On a ajouté depuis 2000 dans le cadre de la réforme de l'enseignement à l'intérieur de l'école un troisième stage nommé «stage en entreprise». Cette année, 28 étudiants iront en France pour effectuer des stages sur des chantiers.
Mais, est-ce suffisant ?
On peut faire mieux. En première année, les étudiants ne sont pas encore prêts pour effectuer un stage. Mais on organise aussi au sein de l'école des visites et des sorties. Bon nombre de nos étudiants voyagent à l'étranger.
Cette année, 80 étudiants vont à l'étranger. On organise également des visites à l'intérieur du Maroc y compris sur les chantiers.
Que fait l'ENA pour renforcer la relation entre l'architecte et l'ingénieur ?
Dans le milieu, on a parfois l'impression qu'il existe un conflit entre l'architecte et l'ingénieur.
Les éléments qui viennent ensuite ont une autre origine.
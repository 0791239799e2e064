//! Traces and their verbs, the command line, and runs of traces, as tests whose expected values come from outside.
#![tactic(auto)]

#[cfg(test)]
mod callers;
#[cfg(test)]
mod changed;
#[cfg(test)]
mod command_line;
#[cfg(test)]
mod engines;
#[cfg(test)]
mod input;
#[cfg(test)]
mod output;
#[cfg(test)]
mod populations;
#[cfg(test)]
mod settings;
#[cfg(test)]
mod traces;
#[cfg(test)]
mod verbs;
#[cfg(test)]
mod writers;
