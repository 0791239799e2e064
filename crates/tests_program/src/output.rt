//! What the run of a trace writes, and where it stops.
use bfs_replay::{
    Engine, Executor, Failure, NoGate, Outcome, Output, Population, ReplayError, Trace, TraceError,
    Workers, default_settings, parse_settings, parse_trace, population_of, run_trace,
};
use bfs_testing::{holds, same};
use std::alloc::Global;
use std::io;
use std::io::{ErrorKind, Write};
use std::sync::Wait;
use std::test::Fail;
use std::thread::Threads;

/// Reads a trace of 16 clients and one replica.
pub(crate) fn parse_alone(alloc: Global, text: &[u8]) -> Result<Trace, TraceError> {
    match Population::new(16, 1) {
        Some(population) => parse_trace(alloc, text, population),
        None => unreachable!(),
    }
}

/// One worker, and that engine.
fn alone(engine: Option<Engine>) -> Executor {
    Executor {
        workers: Workers::one(),
        engine,
    }
}

const ROOT_TRACE: &[u8] =
    b"batch 1.000000\n0 1 raw 000000010000000000000002000186a30000000200000001000000000000000000000000000000004246533200000001000000020000000000000000000000000000000000000000\n";

// the reply; and SHA-256 of another implementation's digest of the file system (whose last time is 1, and whose next ordinal is 4), followed by
// the text of the table of 16 clients with that reply
const ROOT_OUTPUT: &[u8] =
    b"c0 t1 0000000100000001000000000000000000000000000000000000000000000002000041ff000000020000000000000000000000400000100000000000000000010000000100000002000000000000000000000000000000000000000000000000\ndigest 0 3c224e754626b8e4c7c04b7e56709ef8560405142f75939718cf9ffadc5b0d3a\n";

#[test]
fn prints_a_line_for_each_request(rt: HostRuntime) -> Result<(), Fail> {
    let trace = parse_alone(rt.alloc(), ROOT_TRACE)?;
    let mut out = Vec::new(rt.alloc());
    same!(rt; run_trace(&rt, &default_settings(rt.alloc())?, &trace, alone(None), &NoGate, &mut Output::new(&mut out))?, Outcome::Agree);
    holds!(rt; out.as_slice() == ROOT_OUTPUT);
    Ok(())
}

// the last time is a microsecond, and the next ordinal 4
const SILENT_OUTPUT: &[u8] =
    b"c15 t18446744073709551615 -\ndigest 0 5822adb30630155a690a14340b0a917dea9d0ff180c52320d1fa38ab3fd0674d\n";

#[test]
fn prints_a_dash_for_what_is_no_call(rt: HostRuntime) -> Result<(), Fail> {
    let silent = parse_alone(
        rt.alloc(),
        b"# no call\n\nbatch 0.000000\n15 018446744073709551615 raw aB",
    )?;
    let mut out = Vec::new(rt.alloc());
    run_trace(
        &rt,
        &default_settings(rt.alloc())?,
        &silent,
        alone(None),
        &NoGate,
        &mut Output::new(&mut out),
    )?;
    holds!(rt; out.as_slice() == SILENT_OUTPUT);
    Ok(())
}

const NEW_OUTPUT: &[u8] =
    b"digest 0 c39adefa6fe1b3e62e004f11b4e1a9fa3f2e6d5b82b3abfb69c53bdbb55bfe3c\n";

#[test]
fn prints_the_digest_of_a_new_file_system(rt: HostRuntime) -> Result<(), Fail> {
    let empty = parse_alone(rt.alloc(), b"# no block\n")?;
    for engine in [None, Some(Engine::Runs), Some(Engine::Levels)] {
        let mut out = Vec::new(rt.alloc());
        run_trace(
            &rt,
            &default_settings(rt.alloc())?,
            &empty,
            alone(engine),
            &NoGate,
            &mut Output::new(&mut out),
        )?;
        holds!(rt; out.as_slice() == NEW_OUTPUT);
    }
    Ok(())
}

/// What the run of a trace prints, where a fault of a replica is tolerated.
fn output_of_four<R: AllocGlobal + Threads + Wait + Sync>(
    rt: &R,
    text: &str,
) -> Result<Vec<u8>, Fail> {
    let settings = parse_settings(rt.alloc(), b"f = 1\n")?;
    let trace = parse_trace(rt.alloc(), text.as_bytes(), population_of(&settings))?;
    let mut out = Vec::new(rt.alloc());
    match run_trace(
        rt,
        &settings,
        &trace,
        alone(None),
        &NoGate,
        &mut Output::new(&mut out),
    )? {
        Outcome::Agree => Ok(out),
        Outcome::Differ => Err("replicas differ".into()),
    }
}

// a request that comes twice, one that came too late, and one behind them
const REPEATED_TRACE: &str =
    "batch 1.000000\n0 5 create #2 a - - - - - -\n0 5 create #2 a - - - - - -\n0 4 getattr #2\nbatch 2.000000\n0 6 getattr #2\n";

// what one replica prints of it, with a digest of each
const FOUR_OUTPUT: &str =
    "c0 t5 00000005000000010000000000000000000000000000000000000000424653320000000100000003000000000000000000000000000000000000000000000001000081a400000001000003e800000064000000000000100000000000000000000000000100000003000000010000000000000001000000000000000100000000\nc0 t5 00000005000000010000000000000000000000000000000000000000424653320000000100000003000000000000000000000000000000000000000000000001000081a400000001000003e800000064000000000000100000000000000000000000000100000003000000010000000000000001000000000000000100000000\nc0 t4 none\nc0 t6 0000000600000001000000000000000000000000000000000000000000000002000041ff000000020000000000000000000000600000100000000000000000010000000100000002000000000000000000000001000000000000000100000000\ndigest 0 50637a1ab735c3fbdf0cc7aa96ed7c130c311de208e77ac7621773c3a1c460ab\ndigest 1 50637a1ab735c3fbdf0cc7aa96ed7c130c311de208e77ac7621773c3a1c460ab\ndigest 2 50637a1ab735c3fbdf0cc7aa96ed7c130c311de208e77ac7621773c3a1c460ab\ndigest 3 50637a1ab735c3fbdf0cc7aa96ed7c130c311de208e77ac7621773c3a1c460ab\n";

#[test]
fn prints_a_digest_of_each_replica(rt: HostRuntime) -> Result<(), Fail> {
    let out = output_of_four(&rt, REPEATED_TRACE)?;
    holds!(rt; out.as_slice() == FOUR_OUTPUT.as_bytes());
    Ok(())
}

// as an independent run of four replicas prints it
const BEHIND_OUTPUT: &str =
    "c0 t1 000000010000000100000000000000000000000000000000\ndigest 0 618ad5b102f9d706a1bcd90ff8c382fb5b29f49088a53edc447daeb38a9f2ee1\ndigest 1 618ad5b102f9d706a1bcd90ff8c382fb5b29f49088a53edc447daeb38a9f2ee1\ndigest 2 618ad5b102f9d706a1bcd90ff8c382fb5b29f49088a53edc447daeb38a9f2ee1\nbehind 3 0\n";

#[test]
fn prints_who_is_behind(rt: HostRuntime) -> Result<(), Fail> {
    let out = output_of_four(&rt, "silent 3\nbatch 1.000000\n0 1 null\nheard 3\n")?;
    holds!(rt; out.as_slice() == BEHIND_OUTPUT.as_bytes());
    Ok(())
}

// replica 0 is the primary of the first view
const NONE_OUTPUT: &str =
    "c0 t1 none\ndigest 1 c39adefa6fe1b3e62e004f11b4e1a9fa3f2e6d5b82b3abfb69c53bdbb55bfe3c\ndigest 2 c39adefa6fe1b3e62e004f11b4e1a9fa3f2e6d5b82b3abfb69c53bdbb55bfe3c\ndigest 3 c39adefa6fe1b3e62e004f11b4e1a9fa3f2e6d5b82b3abfb69c53bdbb55bfe3c\n";

#[test]
fn prints_none_where_the_primary_is_silent(rt: HostRuntime) -> Result<(), Fail> {
    let text = format!(in rt.alloc(); "silent 0\n{}", str::from_utf8(ROOT_TRACE)?)?;
    let out = output_of_four(&rt, text.as_str())?;
    holds!(rt; out.as_slice() == NONE_OUTPUT.as_bytes());
    Ok(())
}

// as an independent run of four replicas prints it
static CHANGED_OUTPUT: &str =
    "view 1\nc0 t1 000000010000000100000000000000000000000000000000\ndigest 1 618ad5b102f9d706a1bcd90ff8c382fb5b29f49088a53edc447daeb38a9f2ee1\ndigest 2 618ad5b102f9d706a1bcd90ff8c382fb5b29f49088a53edc447daeb38a9f2ee1\ndigest 3 618ad5b102f9d706a1bcd90ff8c382fb5b29f49088a53edc447daeb38a9f2ee1\n";

#[test]
fn the_next_primary_answers_once_the_view_is_changed(rt: HostRuntime) -> Result<(), Fail> {
    let out = output_of_four(&rt, "silent 0\ntimeout\nbatch 1.000000\n0 1 null\n")?;
    holds!(rt; out.as_slice() == CHANGED_OUTPUT.as_bytes());
    Ok(())
}

static LATE_OUTPUT: &str =
    "c0 t1 none\nview 1\nc0 t1 000000010000000100000000000000000000000000000000\ndigest 1 618ad5b102f9d706a1bcd90ff8c382fb5b29f49088a53edc447daeb38a9f2ee1\ndigest 2 618ad5b102f9d706a1bcd90ff8c382fb5b29f49088a53edc447daeb38a9f2ee1\ndigest 3 618ad5b102f9d706a1bcd90ff8c382fb5b29f49088a53edc447daeb38a9f2ee1\n";

#[test]
fn what_waited_is_printed_at_a_timeout(rt: HostRuntime) -> Result<(), Fail> {
    let out = output_of_four(&rt, "silent 0\nbatch 1.000000\n0 1 null\ntimeout\n")?;
    holds!(rt; out.as_slice() == LATE_OUTPUT.as_bytes());
    Ok(())
}

/// A writer that takes so many bytes and refuses from then on.
#[derive(Drop)]
struct Refusing {
    room: usize,
    kind: ErrorKind,
    taken: Vec<u8>,
}

impl Write for Refusing {
    fn write(&mut self, bytes: &[u8]) -> io::Result<usize> {
        let count = bytes.len().min(self.room);
        if count == 0 && !bytes.is_empty() {
            return Err(io::Error::from(self.kind));
        }
        self.taken.extend_from_slice(&bytes[..count])?;
        self.room -= count;
        Ok(count)
    }

    fn flush(&mut self) -> io::Result<()> {
        Ok(())
    }
}

#[test]
fn stops_where_the_writer_refuses(rt: HostRuntime) -> Result<(), Fail> {
    let settings = default_settings(rt.alloc())?;
    let trace = parse_alone(rt.alloc(), ROOT_TRACE)?;
    for room in 0..ROOT_OUTPUT.len() {
        let mut writer = Refusing {
            room,
            kind: ErrorKind::StorageFull,
            taken: Vec::new(rt.alloc()),
        };
        match run_trace(
            &rt,
            &settings,
            &trace,
            alone(Some(Engine::Runs)),
            &NoGate,
            &mut Output::new(&mut writer),
        ) {
            Err(error) => {
                same!(rt; error, ReplayError::WriteFault);
                same!(rt; error.code(), 39);
            }
            Ok(_) => assert!(rt; false, "the writer has no room"),
        }
        assert!(rt;
            writer.taken.as_slice() == &ROOT_OUTPUT[..room],
            "at {room}"
        );
    }
    Ok(())
}

#[test]
fn tells_that_the_writer_wants_memory(rt: HostRuntime) -> Result<(), Fail> {
    let settings = default_settings(rt.alloc())?;
    let trace = parse_alone(rt.alloc(), ROOT_TRACE)?;
    let mut writer = Refusing {
        room: 10,
        kind: ErrorKind::OutOfMemory,
        taken: Vec::new(rt.alloc()),
    };
    let refused = run_trace(
        &rt,
        &settings,
        &trace,
        alone(Some(Engine::Runs)),
        &NoGate,
        &mut Output::new(&mut writer),
    );
    same!(rt; refused.err(), Some(ReplayError::Memory));
    Ok(())
}

/// A trace with one request, whose last word has those bytes so many times, and then `tail`.
fn trace_of_long_word(
    alloc: Global,
    front: &str,
    piece: &str,
    count: usize,
    tail: &str,
) -> Result<String, Fail> {
    let mut text = format!(in alloc; "batch 1.000000\n0 1 {front}")?;
    for _piece in 0..count {
        text.push_str(piece)?;
    }
    text.push_str(tail)?;
    Ok(text)
}

/// What the run of a trace prints.
fn output<R: AllocGlobal + Threads + Wait + Sync>(rt: &R, text: &str) -> Result<Vec<u8>, Fail> {
    let trace = parse_alone(rt.alloc(), text.as_bytes())?;
    let mut out = Vec::new(rt.alloc());
    run_trace(
        rt,
        &default_settings(rt.alloc())?,
        &trace,
        alone(None),
        &NoGate,
        &mut Output::new(&mut out),
    )?;
    Ok(out)
}

const GARBAGE: &[u8] =
    b"c0 t1 000000010000000100000000000000000000000000000004\ndigest 0 416a050b70cd3e90d25dd8fcb0de7f475c7bb736b3a88fe8800bfda4d3f03ea0\n";

#[test]
fn sends_what_is_longer_than_the_server_takes(rt: HostRuntime) -> Result<(), Fail> {
    let alloc = rt.alloc();
    let name = trace_of_long_word(alloc, "remove #2 ", "a", 256, "")?;
    holds!(rt; output(&rt, name.as_str())?.as_slice() == GARBAGE);
    let path = trace_of_long_word(alloc, "symlink #2 s ", "a", 1_025, " - - - - - -")?;
    holds!(rt; output(&rt, path.as_str())?.as_slice() == GARBAGE);
    let bytes = trace_of_long_word(alloc, "write #2 0 x", "00", 8_193, "")?;
    holds!(rt; output(&rt, bytes.as_str())?.as_slice() == GARBAGE);
    Ok(())
}

#[test]
fn a_failure_tells_the_line_at_fault(rt: HostRuntime) -> Result<(), Fail> {
    let failure = Failure::from(TraceError::BadLine(2));
    let text = format!(in rt.alloc(); "{failure}")?;
    same!(rt; text.as_str(), "trace line 2");
    same!(rt; failure.status(), 3);
    Ok(())
}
Nous, par contre, nous considérons que cette concurrence n'existe pas.
Au sein de notre école, nous avons des ingénieurs qui interviennent partout et ont le même rôle que les architectes. On pense qu'il faut que les étudiants travaillent avec l'ingénieur sur des projets pour qu'ils comprennent ce que leur apporte l'ingénieur dans le cadre de la réalisation des projets.
Cela signifie qu'il faut expérimenter à l'école les rapports qui auront lieu ensuite à l'extérieur. Et c'est ce qu'on fait ici dans l'école d'architecture. L'étudiant comprend l'intérêt de travailler avec l'ingénieur dès le début du projet.
Ainsi, on réduit le temps et le coût. L'école considère que cette relation est importante et la met en scène.